Kinetic analysis of bypass of O6- methylguanine by the catalytic core of yeast DNA polymerase eta

•Bypass of O6-MeG was kinetically studied by the catalytic core of yeast DNA polymerase η (Pol ηcore).•The misincorporation frequencies were 0.055–0.446 for O6-MeG.•Pol ηcore showed no fast burst phase for any incorporation opposite O6-MeG.•O6-MeG greatly blocked DNA replication and 67% dTTP, 31% dCTP and 2% dATP were incorporated opposite O6-MeG.

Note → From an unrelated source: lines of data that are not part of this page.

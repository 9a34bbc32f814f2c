//! One line of a program's text: its tokens, the forms that it may have, and the instruction that it represents.
//!
//! # What is proved
//!
//! - A line of a text is parsed as what its tokens spell in the table of forms; it has none of the forms exactly if they spell
//!   none: `read_line`.
//! - A line has one reading; each of its tokens is the longest with which the rest of the line begins (`BeginsWith`):
//!   `one_reading`, `read_line`.
//! - The instruction of a form is the one with this written form, with a distance in place of a label; there is none exactly if
//!   a number is out of its range: `found`, `fits`, `none` of `Form::insn`.
//! - Instructions with the same written form are equal: `one_instruction`.
//! - The written form of an instruction has its numbers in their ranges and names no label: `written_in_range`.
//! - Its text is one line, which is parsed as this instruction: `printed_is_read`.
//!
//! # Decisions
//!
//! - A token is the longest with which the text begins. So the order in which the parser tries symbols, names and numbers is no
//!   part of the grammar.
//! - The grammar of a line and its parser are the larger half of the assembler and depend only on instructions, so they are a
//!   crate of their own.
//! - A form is one of seven groups, by what is written alike, though there are fifteen instructions. So a definition or a
//!   proof has a case for each group.
//! - Numbers from 2^64 on have no value, since no field can hold one: such a number is out of each range.
#![tactic(auto)]

mod blanks;
mod fields;
mod form;
pub mod laws;
mod line;
mod names;
mod parts;
mod reader;
mod token;

pub use blanks::stripped;
pub use form::{
    Access, Address, Form, JumpTarget, Line, Number, Operation, SourceOperand, WideValue,
};
pub use reader::read_line;
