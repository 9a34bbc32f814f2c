//! Reading a line.

ghost use Rattle.std.specs.Prelude.{option_map, IfOk};
ghost use Rattle.text_line.specs.Line.{ReadAs};
ghost use Rattle.text_line.specs.Shown.{seen_line};

use crate::form::Line;
use crate::line::line_of;
use crate::token::tokens;
use std::alloc::{AllocError, Global};

/// Parses one line of a text, given without its line feed. A line is blank, defines a label, or has an instruction.
///
/// `None` if the line is none of these; so also if something before its comment is no token, or if a byte is not ASCII, even in its
/// comment. A number out of its field's range is no reason for `None`: the form keeps it, and the assembler rejects it. The contract: by
/// the definition of the grammar, the bytes are read as the returned line, or as no line if it is `None` (`ReadAs`). `seen_line` is the
/// line of the definitions that a `Line` of the code represents.
///
/// # Errors
///
/// `AllocError`: out of memory for the line's tokens. Nothing is kept then.
pub fn read_line<'a>(alloc: Global, line: &'a str) -> Result<Option<Line<'a>>, AllocError>
    ensures { IfOk result (λ found. ReadAs line.now (option_map seen_line found)) }
{
    match tokens(alloc, line)? {
        None => Ok(None),
        Some(tokens) => Ok(line_of(&tokens)),
    }
}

Alkylating agents can form O6-methylguansine (O6-MeG). To study the intrinsic kinetic behaviors of bypassing O6-MeG, we used the catalytic core of yeast DNA polymerase η (Pol ηcore, residues 1–513), instead of the full-length Pol η, to study their elementary steps, eliminating the effects of the C-terminal C2H2 motif on dNTP incorporation. The misincorporation frequencies were 10−4 for G and 0.055–0.446 for O6-MeG. O6-MeG does not affect the extension efficiency. Pol ηcore showed no fast burst phase for any incorporation opposite G or O6-MeG. Primer extension was greatly blocked by O6-MeG and about 67% dTTP, 31% dCTP and 2% dATP were incorporated opposite O6-MeG. This study provides further understanding of the mutation mechanism of alkylated lesion for yeast DNA polymerase η.